Эдгар действительно мало изменился. «Дружба со змием», если она вообще была, внешне ни в чем пока не проявилась. Пухлое равномерно розовое толстогубое лицо по-прежнему поражало младенческой гладкостью. Оставленный годами след был так щадящ, что казалось непостижимым, как и по каким признакам в обладателе этого лица сразу угадывался человек средних лет, а не желторотый студент.
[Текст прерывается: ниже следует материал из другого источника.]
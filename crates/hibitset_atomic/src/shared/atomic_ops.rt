//! The single steps of the calls on a shared set: each reads or writes one word.
ghost use Rattle.std.specs.Prelude.{◌≡◌, ℕ, ◌+◌, ◌-◌, ◌*◌, ◌/◌, ◌%◌, ◌^◌, ◌<◌, ◌≤◌, true, false, [], ◌∷◌, length};
ghost use Rattle.std.specs.Int.{bit_at};
ghost use Rattle.hibitset_atomic.specs.Lists.{Has};
ghost use Rattle.hibitset_atomic.specs.Levels.{first_mark};
ghost use Rattle.hibitset_atomic.specs.Rule.{AllReportsKnown, Grew, Gap, Knows, IsSet, LoadAt, SparesSharedBit};
ghost use Rattle.hibitset_atomic.specs.declared.layers.TheConstants.{ATOMIC_LAYERS};
ghost use Rattle.hibitset_atomic.specs.declared.atomic.TheConstants.{ATOMIC_MAX_EID};
ghost use Rattle.hibitset_atomic.specs.declared.shared.layout.TheConstants.{ROW_WORDS};

use crate::atomic::ATOMIC_MAX_EID;
use crate::layers::ATOMIC_LAYERS;
use crate::shared::layout::{LAYER1_START, LAYER2_START, LAYER3_START};
use crate::shared::rule::{FetchOrLayer0, FetchOrSummary, Load};
use crate::shared::types::{SharedBitSet, TableSeat};
use crate::steps::bit_over;
use hibitset_base::util::Index;

// Where a layer begins in the row of all words.
#[inline]
pub(crate) fn first_word(layer: usize) -> usize
    requires { layer < 4 }
    ensures { result ≡ first_mark layer / 64 }
{
    match layer {
        0 => 0,
        1 => LAYER1_START,
        2 => LAYER2_START,
        _ => LAYER3_START,
    }
}

// The mark of the bit that an addition of an index sets in a layer, at its place of `path`.
#[inline]
pub(crate) fn mark_of(id: Index, layer: usize) -> u32
    requires id { id < ATOMIC_MAX_EID }
    requires layer { layer < ATOMIC_LAYERS }
    ensures mark { result ≡ first_mark layer + id / 64 ^ layer }
    ensures within { result < 64 * ROW_WORDS }
{
    let (place, bit) = bit_over(id, layer);
    ((first_word(layer) + place) * 64) as u32 + bit
}

impl SharedBitSet {
    // The exchange at layer 0.
    #[inline]
    pub(crate) fn fetch_or_layer0(&self, pass: &mut TableSeat, id: u32) -> bool
        requires same_table { pass.old.table_id ≡ self.now.table.shared.table_id }
        requires seat { (0 < length pass.old.me.0.shares) × AllReportsKnown pass.old.me.0 }
        requires id { id < ATOMIC_MAX_EID }
        ensures same { (pass.new.table_id ≡ pass.old.table_id) × (pass.new.id ≡ pass.old.id)
            × Grew pass.old.me pass.new.me × Has pass.new.me.0.seen id }
        ensures no_report { result ≡ true → pass.new.me.0.reports ≡ pass.old.me.0.reports }
        ensures new { result ≡ false → (pass.new.me.0.reports ≡ id ∷ pass.old.me.0.reports)
            × ¬ IsSet pass.old.me.0.old id × ¬ Has pass.old.me.0.seen id }
        ensures counts { (pass.new.me.0.loads ≡ pass.old.me.0.loads)
            × (pass.new.me.0.exchanges ≡ pass.old.me.0.exchanges + 1) }
    {
        let found = self
            .table
            .shared
            .fetch_or::<FetchOrLayer0>(pass, (id / 64) as usize, 1 << (id % 64));
        (found >> (id % 64)) & 1 != 0
    }

    // The exchange at a layer above 0, after that of the layer below.
    #[inline]
    fn fetch_or_summary(&self, pass: &mut TableSeat, id: Index, layer: usize)
        requires same_table { pass.old.table_id ≡ self.now.table.shared.table_id }
        requires id { id < ATOMIC_MAX_EID }
        requires layer { layer + 1 < ATOMIC_LAYERS }
        requires seen_below { Has pass.old.me.0.seen (first_mark layer + id / 64 ^ layer) }
        ensures same { (pass.new.table_id ≡ pass.old.table_id) × (pass.new.id ≡ pass.old.id)
            × Grew pass.old.me pass.new.me × (pass.new.me.0.reports ≡ pass.old.me.0.reports) }
        ensures mark { Has pass.new.me.0.seen (first_mark (layer + 1) + id / 64 ^ (layer + 1)) }
        ensures counts { (pass.new.me.0.loads ≡ pass.old.me.0.loads)
            × (pass.new.me.0.exchanges ≡ pass.old.me.0.exchanges + 1) }
    {
        let mark = mark_of(id, layer + 1);
        self.table
            .shared
            .fetch_or::<FetchOrSummary>(pass, (mark / 64) as usize, 1 << (mark % 64));
    }

    // Ensures that the bit at a layer above 0 is set, after that of the layer below: reads it, and exchanges where it
    // does not stand yet, so that threads whose indices lie under one word don't contend for it.
    #[inline]
    pub(crate) fn set_summary(&self, pass: &mut TableSeat, id: Index, layer: usize)
        requires same_table { pass.old.table_id ≡ self.now.table.shared.table_id }
        requires seat { 0 < length pass.old.me.0.shares }
        requires id { id < ATOMIC_MAX_EID }
        requires layer { layer + 1 < ATOMIC_LAYERS }
        requires seen_below { Has pass.old.me.0.seen (first_mark layer + id / 64 ^ layer) }
        ensures same { (pass.new.table_id ≡ pass.old.table_id) × (pass.new.id ≡ pass.old.id)
            × Grew pass.old.me pass.new.me × (pass.new.me.0.reports ≡ pass.old.me.0.reports) }
        ensures mark { Has pass.new.me.0.seen (first_mark (layer + 1) + id / 64 ^ (layer + 1)) }
        ensures counts { (pass.new.me.0.loads ≡ pass.old.me.0.loads + 1)
            × (pass.new.me.0.exchanges ≤ pass.old.me.0.exchanges + 1) }
        ensures spared { SparesSharedBit (layer + 1) id pass.old.me.0 pass.new.me.0 }
    {
        if !self.load_bit(pass, mark_of(id, layer + 1)) {
            self.fetch_or_summary(pass, id, layer);
        }
    }

    #[inline]
    pub(crate) fn load(&self, pass: &mut TableSeat, place: usize) -> u64
        requires same_table { pass.old.table_id ≡ self.now.table.shared.table_id }
        requires seat { 0 < length pass.old.me.0.shares }
        requires in_range { place < ROW_WORDS }
        ensures same { (pass.new.table_id ≡ pass.old.table_id) × (pass.new.id ≡ pass.old.id) }
        ensures found { LoadAt place pass.old.me result pass.new.me }
        ensures counts { (pass.new.me.0.loads ≡ pass.old.me.0.loads + 1)
            × (pass.new.me.0.exchanges ≡ pass.old.me.0.exchanges) }
    {
        self.table.shared.load::<Load>(pass, place)
    }

    #[inline]
    pub(crate) fn load_bit(&self, pass: &mut TableSeat, mark: u32) -> bool
        requires same_table { pass.old.table_id ≡ self.now.table.shared.table_id }
        requires seat { 0 < length pass.old.me.0.shares }
        requires mark { mark < 64 * ROW_WORDS }
        ensures same { (pass.new.table_id ≡ pass.old.table_id) × (pass.new.id ≡ pass.old.id)
            × Grew pass.old.me pass.new.me × (pass.new.me.0.reports ≡ pass.old.me.0.reports) }
        ensures stands { result ≡ true → Has pass.new.me.0.seen mark }
        ensures gap { result ≡ false → Gap pass.new.me.0 mark }
        ensures counts { (pass.new.me.0.loads ≡ pass.old.me.0.loads + 1)
            × (pass.new.me.0.exchanges ≡ pass.old.me.0.exchanges) }
    {
        let word = self.load(pass, (mark / 64) as usize);
        (word >> (mark % 64)) & 1 != 0
    }

    // The word of a layer at a position. Under a summary bit that the seat has seen it is not zero, and it has each bit
    // over an old or known index.
    #[inline]
    pub(crate) fn load_word(&self, pass: &mut TableSeat, layer: usize, position: u32) -> u64
        requires same_table { pass.old.table_id ≡ self.now.table.shared.table_id }
        requires seat { 0 < length pass.old.me.0.shares }
        requires layer { layer < 4 }
        requires position { position < 64 ^ (3 - layer) }
        ensures same { (pass.new.table_id ≡ pass.old.table_id) × (pass.new.id ≡ pass.old.id)
            × Grew pass.old.me pass.new.me × (pass.new.me.0.reports ≡ pass.old.me.0.reports) }
        ensures nonzero { Has pass.old.me.0.seen (first_mark (layer + 1) + position) → 0 < result }
        ensures seen { (b : ℕ) → b < 64 → bit_at result b ≡ 1
            → Has pass.new.me.0.seen (first_mark layer + (64 * position + b)) }
        ensures known { (i : ℕ) → Knows pass.old.me.0 i → i / 64 ^ (layer + 1) ≡ position
            → bit_at result (i / 64 ^ layer % 64) ≡ 1 }
        ensures old { (i : ℕ) → i < ATOMIC_MAX_EID → IsSet pass.old.me.0.old i
            → i / 64 ^ (layer + 1) ≡ position → bit_at result (i / 64 ^ layer % 64) ≡ 1 }
        ensures counts { (pass.new.me.0.loads ≡ pass.old.me.0.loads + 1)
            × (pass.new.me.0.exchanges ≡ pass.old.me.0.exchanges) }
    {
        self.load(pass, first_word(layer) + position as usize)
    }
}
– Да, точно, «Розочкой». Признайся, это ты придумал, да? Но ничего, мне нравилось. Ты вообще тогда ко мне хорошо относился. У меня сохранились все твои письма, еще с того времени. И письма Софи тоже. Немного, правда. Я как-нибудь все тебе покажу, хочешь?

– Нет.

– Плесну себе еще, ладно? Знаешь, у меня сейчас такое потрясающее чувство, будто у нас с тобой все как раньше. Помнишь, сколько было говорено о женщинах – хотя мы их тогда еще знать не знали. Как ты однажды сказал: «Laissons les jolies femmes aux hommes sans imagination»[9]9
  «Оставим красивых женщин мужчинам без воображения» (фр.).


[Закрыть]
, – помнишь?

– Нет.

– Говорили что-то, говорили – ночи напролет. Женщины, философия… Из-за чего мы там больше всего копья ломали? Ага: «Утверждение о том, что полное избавление от страданий есть благо, не имеет под собой основания».

– Эдгар, тебе пора.

– Да, вот так всегда было в нашей дружбе: чуть только забрезжит у нас что-то светлое, легкое, совсем почти невесомое, а ты уже по нему изо всей силы – шарах!.. Как ракетка по волану. Про волан я как-то писал тебе в письме. Я храню все твои письма – а ты?.. Ах да, ты же говорил, что ты нет…

– Уйдешь ты, наконец? – сказал Монти. – Нет никакой дружбы. Припоминаю, раз уж ты сам об этом заговорил, у тебя была когда-то нацеленность на великую интеллектуально-чувственную дружбу между нами – со всякими там устремлениями, ссорами и примирениями, со всякими умными письмами. Только на самом-то деле ничего этого не было, одна твоя фантазия. После окончания колледжа нас уже ничто не связывало. Разве что Софи – но она, как видишь, умерла.

– Как спокойно ты это говоришь… Так, будто принял ее смерть.

– Разумеется, я принял ее смерть. Я вообще имею привычку принимать факты.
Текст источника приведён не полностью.